What do I do with war? Do I try to make peace with war, or embrace it as Nature's Way? There is no escape. If I surrender to war like Nietzsche, I go insane; if I oppose war like Ghandi, I am slaughtered. They say that even atoms are a whirling cacophony of passion. Violence. Interesting word. The lips of lovers crash together, as if to devour the object of love; limbs grope and crush bodies. People ‘fall in love,’ implying an eventual splat when they meet the ground. The penis stiffens, surges, presses and violates the labial fortress which opens willingly, or not, and the sperm are launched in D-Day fashion to assail the walled ovum - a siege of force against force, willful penetration that life may continue.

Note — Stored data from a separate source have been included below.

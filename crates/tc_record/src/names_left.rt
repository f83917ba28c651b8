//! The names of the members of a record, lent.

ghost use Rattle.std.specs.Prelude.{◌≡◌, ◌++◌, [], IsTrue, IfNone, is_some, unwrap_or, option_map, option_to_list};

use crate::numbers::Numbers;
use crate::reader::str_at;
use std::marker::Model;

/// The names of members, read one by one. Contracts see those that are left.
#[derive(Drop)]
pub struct NamesLeft<'a> {
    lengths: Numbers<'a>,
    names: &'a str,
}

impl<'a> Model for NamesLeft<'a> {
    ghost use Rattle.std.specs.Prelude.{List, IsTrue, is_some, unwrap_or, []};
    ghost use Rattle.tc_model.specs.Document.{Name};
    ghost use Rattle.tc_record.specs.NameColumn.{names_cut};
    ghost use Rattle.tc_record.specs.WalkView.{numbers_of};

    ghost Value = { List Name };

    ghost view = { λ n. unwrap_or (names_cut (numbers_of n.lengths) n.names.now) [] };

    ghost invariant = { λ n. IsTrue (is_some (names_cut (numbers_of n.lengths) n.names.now)) };
}

impl<'a> NamesLeft<'a> {
    ghost use Rattle.tc_record.specs.NameColumn.{names_cut};
    ghost use Rattle.tc_record.specs.WalkView.{numbers_of};

    /// The names of these lengths, which stand one after the other.
    pub(crate) fn of(lengths: Numbers<'a>, names: &'a str) -> NamesLeft<'a>
        requires { IsTrue (is_some (names_cut (numbers_of lengths) names.now)) }
        ensures { result ≡ unwrap_or (names_cut (numbers_of lengths.entry) names.now) [] }
    {
        NamesLeft { lengths, names }
    }

    /// The next name, or `None` at the end. Takes no memory.
    #[inline(always)]
    pub fn next(&mut self) -> Option<&'a str>
        ensures taken { self.old ≡ option_to_list (option_map (λ n. n.now) result) ++ self.new }
        ensures end { IfNone result (self.old ≡ []) }
    {
        let mut lengths = self.lengths;
        let len = lengths.next()?;
        let (name, names) = str_at(self.names, len)?;
        self.lengths = lengths;
        self.names = names;
        Some(name)
    }
}
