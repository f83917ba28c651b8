//! Whether columns spell the tokens of a record of form 1 or 2 all of whose texts are ASCII. Such texts may be cut anywhere, and
//! together they are as long as their lengths say: so no length is read, and it is enough that there is one for each text.

ghost use Rattle.std.specs.Prelude.{◌≡◌, ◌≢◌, ◌≤◌, ◌<◌, ◌∷◌, [], None, Some, IsTrue, false, length, is_some, if◌then◌else◌};
ghost use Rattle.std.specs.List.{sum};
ghost use Rattle.std.specs.Str.{IsAscii};
ghost use Rattle.tc_record.specs.AsciiTexts.{uncut_of};
ghost use Rattle.tc_record.specs.Record.{close_tag};
ghost use Rattle.tc_record.specs.Walk.{walk, in_object, is_used_up as used_up};
ghost use Rattle.tc_record.specs.Moves.{label_moves, token_moves};
ghost use Rattle.tc_record.specs.WalkView.{columns_of, format_of, numbers_of};
ghost use Rattle.tc_record.specs.Stack.{kind_of, kinds_of};

use crate::kinds::Kinds;
use crate::reader::{Columns, Format, piece_in};
use crate::tags::{ARRAY_TAG, BOOLEAN_TAG, CLOSE_TAG, INTEGER_TAG, OBJECT_TAG, TEXT_TAG};

/// Whether these are the tags behind the first one. What is open is empty behind a close alone, so it is asked for there.
pub(crate) fn has_further_ascii_tokens(tags: &[u8], format: Format, columns: Columns<'_>) -> bool
    requires numbered { format.named ≡ false }
    requires ascii { IsAscii columns.texts.now }
    requires summed { sum (numbers_of columns.lengths) ≡ length columns.texts.now }
    ensures { result ≡ is_some (walk (format_of format) tags.now (in_object None ∷ []) (columns_of columns.entry)) }
{
    let mut kinds = Kinds::in_object();
    let mut left = columns;
    for place in 0..tags.len() {
        let tag = tags[place];
        if tag == CLOSE_TAG {
            kinds.close();
            if kinds.depth == 0 {
                return place + 1 == tags.len() && is_used_up(left);
            }
        } else if !passes(format, tag, &mut kinds, &mut left) {
            return false;
        }
    }
    false
}

/// Whether a value of this tag, or the opening of one, stands next in what is open. Each tag is looked at first and by itself: with
/// the close of the loop that is one jump, where a label that is passed before would make it two.
#[inline(always)]
fn passes(format: Format, tag: u8, kinds: &mut Kinds, columns: &mut Columns<'_>) -> bool
    requires numbered { format.named ≡ false }
    requires inside { 0 < kinds.old.depth }
    requires value { tag ≢ close_tag }
    requires ascii { IsAscii columns.old.texts.now }
    requires within { sum (numbers_of columns.old.lengths) ≤ length columns.old.texts.now }
    ensures moves { token_moves (format_of format) tag (kinds_of kinds.old.arrays kinds.old.depth) (uncut_of columns.old) ≡ (if result then Some (kinds_of kinds.new.arrays kinds.new.depth, uncut_of columns.new) else None) }
    ensures inside { IsTrue result → 0 < kinds.new.depth }
    ensures texts { IsTrue result → columns.new.texts.now ≡ columns.old.texts.now }
    ensures within { IsTrue result → sum (numbers_of columns.new.lengths) ≤ length columns.new.texts.now }
{
    if tag == INTEGER_TAG {
        passes_value(format, INTEGER_TAG, kinds, columns)
    } else if tag == TEXT_TAG {
        passes_value(format, TEXT_TAG, kinds, columns)
    } else if tag == BOOLEAN_TAG {
        passes_value(format, BOOLEAN_TAG, kinds, columns)
    } else if tag == OBJECT_TAG {
        passes_value(format, OBJECT_TAG, kinds, columns)
    } else if tag == ARRAY_TAG {
        passes_value(format, ARRAY_TAG, kinds, columns)
    } else {
        passes_value(format, tag, kinds, columns)
    }
}

/// Whether a value of this tag, or the opening of one, stands next in what is open. Of a text no more is passed than its length.
#[inline(always)]
fn passes_value(format: Format, tag: u8, kinds: &mut Kinds, columns: &mut Columns<'_>) -> bool
    requires numbered { format.named ≡ false }
    requires inside { 0 < kinds.old.depth }
    requires value { tag ≢ close_tag }
    requires ascii { IsAscii columns.old.texts.now }
    requires within { sum (numbers_of columns.old.lengths) ≤ length columns.old.texts.now }
    ensures moves { token_moves (format_of format) tag (kinds_of kinds.old.arrays kinds.old.depth) (uncut_of columns.old) ≡ (if result then Some (kinds_of kinds.new.arrays kinds.new.depth, uncut_of columns.new) else None) }
    ensures inside { IsTrue result → 0 < kinds.new.depth }
    ensures texts { IsTrue result → columns.new.texts.now ≡ columns.old.texts.now }
    ensures within { IsTrue result → sum (numbers_of columns.new.lengths) ≤ length columns.new.texts.now }
{
    if !passes_label(format, kinds.arrays % 2 == 1, columns) {
        return false;
    }
    if tag == TEXT_TAG {
        return columns.lengths.passes();
    }
    match piece_in(tag, columns) {
        None => false,
        Some(piece) => kinds.open(piece),
    }
}

/// Whether the label of a value stands next, which in an object is a number, and in an array nothing.
#[inline(always)]
fn passes_label(format: Format, in_array: bool, columns: &mut Columns<'_>) -> bool
    requires { format.named ≡ false }
    ensures label { label_moves (format_of format) (kind_of in_array) (uncut_of columns.old) ≡ (if result then Some (kind_of in_array, uncut_of columns.new) else None) }
    ensures lengths { columns.new.lengths ≡ columns.old.lengths }
    ensures texts { columns.new.texts ≡ columns.old.texts }
{
    if in_array {
        return true;
    }
    columns.slots.passes()
}

/// Whether nothing is left of the columns. Behind the last length no text is left.
fn is_used_up(columns: Columns<'_>) -> bool
    ensures { result ≡ used_up (uncut_of columns.entry) }
{
    columns.fixed.is_empty()
        && columns.lengths.is_empty()
        && columns.slots.is_empty()
        && columns.names.is_empty()
}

"War is the father of all." Tonight, I surrender to the father, War. I sit, and wonder - how did my boy die? Did he fall on his face, side, or back after he was shot? Did his throat rattle as the last breath exited his lungs? Did he cry out, or was he silent? Did his organs fall out onto the ground? Did they have to push his heart, spleen and lungs back inside of his body, or scoop them into a plastic bag? Was their dirt in his open mouth, or gravel pressed into his still supple cheek? Did he twitch as he died, or fall limp like the cow I saw shot between the eyes in Montana? Did he have time to think at all as his life left that body? Did he hurt? Did he regret? Did he have a last word for me, or his mother, or his sisters, or his God, or for War? There must be particles of his blood, and bits of his flesh, begotten of my blood, mixed in the dry dirt there in the Korengal Valley - walked over, co-mingled, a part of the sun-baked land forever. Will children play on that spot? Will a home or road be built over his blood one day? Macabre? Do you think? Are these horrible questions, forbidden thoughts? No, they are not. Don't try to comfort me. I am not discomfited now, I am addressing the father of all, the War behind all creation. After all, the flesh decays, decomposes, rots and becomes star dust once again. I do not know how the stars became my Jason, my dazzling little boy - how he emerged from that original Big Bang, or where he goes after the Bang has been sucked into a dark and final cosmic vortex. I can Imagine, however. I can Imagine the eternal strand of existence streaming from...well, streaming forth. And I do want to see the fountainhead, to see if there can be any Thing without war. But not tonight – I shall have to settle for a conclusion I curiously do not want to settle for, that “War is the father of all.” And the only hope I derive, is that something in me does not want it to be that way. My mind and heart battle to find a way out of war.